About this exercise: Look through the data and write out every line with the word "failed" in it.

Recorded information:
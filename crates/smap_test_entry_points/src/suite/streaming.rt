//! When a trace is read and written, and the words for a trace that was given up.
use crate::suite::asserted::{equal, holds};
use crate::suite::reading::read;
use crate::suite::slow_reader::SlowReader;
use crate::suite::slow_writer::SlowWriter;
use crate::suite::watched::{WatchedWriter, WatchingReader};
use smap_io::Device;
use smap_record::SourceMap;
use smap_trace::{Counts, TraceError, translate};
use std::alloc::Global;
use std::cell::Cell;
use std::process::Abort;
use std::test::Fail;

const MAP: &str = r#"{"version":3,"sources":["a.js"],"mappings":"AAUE,IAEA"}"#;

const SCRIPT: &str = "http://h/m/out.js";

/// What a translation answers, and how many reads, writes and flushes it takes; `writes` counts flushes too.
#[derive(Drop)]
struct Ran {
    answer: Result<Counts, TraceError>,
    reads: u64,
    writes: u64,
    flushes: u64,
}

fn run(alloc: Global, map: &SourceMap, reader: SlowReader<'_>, writer: SlowWriter) -> Ran {
    let mut reader = Device::new(reader);
    let mut writer = Device::new(writer);
    let answer = translate(alloc, &mut reader, &[(SCRIPT, map)], false, &mut writer);
    let writer = writer.into_inner();
    Ran {
        answer,
        reads: reader.into_inner().calls,
        writes: writer.calls,
        flushes: writer.flushes,
    }
}

/// Asserts that all 10,000 lines of a trace are translated, in as many reads and writes as there are pieces.
fn is_told_by_pieces(rt: &(impl Abort + AllocGlobal), map: &SourceMap, trace: &str) {
    let pieces = trace.len() / 65536 + 1;
    let reader = SlowReader::new(trace.as_bytes(), 1000000, 0);
    let writer = SlowWriter::new(rt.alloc(), 1000000, 0);
    let ran = run(rt.alloc(), map, reader, writer);
    let counts = Counts {
        lines: 10000,
        translated: 10000,
        dropped: 0,
    };
    let calls = pieces as u64 + 1;
    equal(rt, "answer", ran.answer, Ok(counts));
    let found = (ran.reads, ran.writes, ran.flushes);
    equal(rt, "calls", found, (calls, calls, 1));
}

#[test]
fn a_piece_is_one_read_and_one_write(rt: HostRuntime) -> Result<(), Fail> {
    let mut trace = String::new(rt.alloc());
    for _ in 0..10000 {
        trace.push_str("    at f (http://h/m/out.js:1:2)\n")?;
    }
    is_told_by_pieces(&rt, &read(&rt, MAP), trace.as_str());
    Ok(())
}

#[test]
fn complete_lines_are_written_before_the_next_read(rt: HostRuntime) -> Result<(), Fail> {
    let map = read(&rt, MAP);
    let shown = Cell::new(0);
    let pieces = [
        "Error: x\n    at f (http://h/m/out.js:1:2)",
        "\n    at g",
        "\n",
        "x",
    ];
    let reader = WatchingReader::new(rt.alloc(), &pieces, &shown);
    let writer = WatchedWriter::new(rt.alloc(), &shown);
    let mut reader = Device::new(reader);
    let mut writer = Device::new(writer);
    let answer = translate(
        rt.alloc(),
        &mut reader,
        &[(SCRIPT, &map)],
        false,
        &mut writer,
    );
    holds(&rt, "answer", answer.is_ok());
    let seen = reader.into_inner().seen;
    equal(&rt, "seen", seen.as_slice(), [0, 9, 41, 50, 50].as_slice());
    equal(
        &rt,
        "bytes",
        writer.into_inner().bytes.as_slice(),
        b"Error: x\n    at f (http://h/m/a.js:11:3)\n    at g\nx".as_slice(),
    );
    Ok(())
}

#[test]
fn each_error_has_its_words(rt: HostRuntime) -> Result<(), Fail> {
    for &(error, words) in &[
        (TraceError::Read, "read failed"),
        (TraceError::Write, "write failed"),
        (TraceError::Memory, "out of memory"),
    ] {
        let said = format!(in rt.alloc(); "{error}")?;
        equal(&rt, words, said.as_str(), words);
    }
    Ok(())
}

Your response:
        (TraceError::Read, "read failed"),
        (TraceError::Write, "write failed"),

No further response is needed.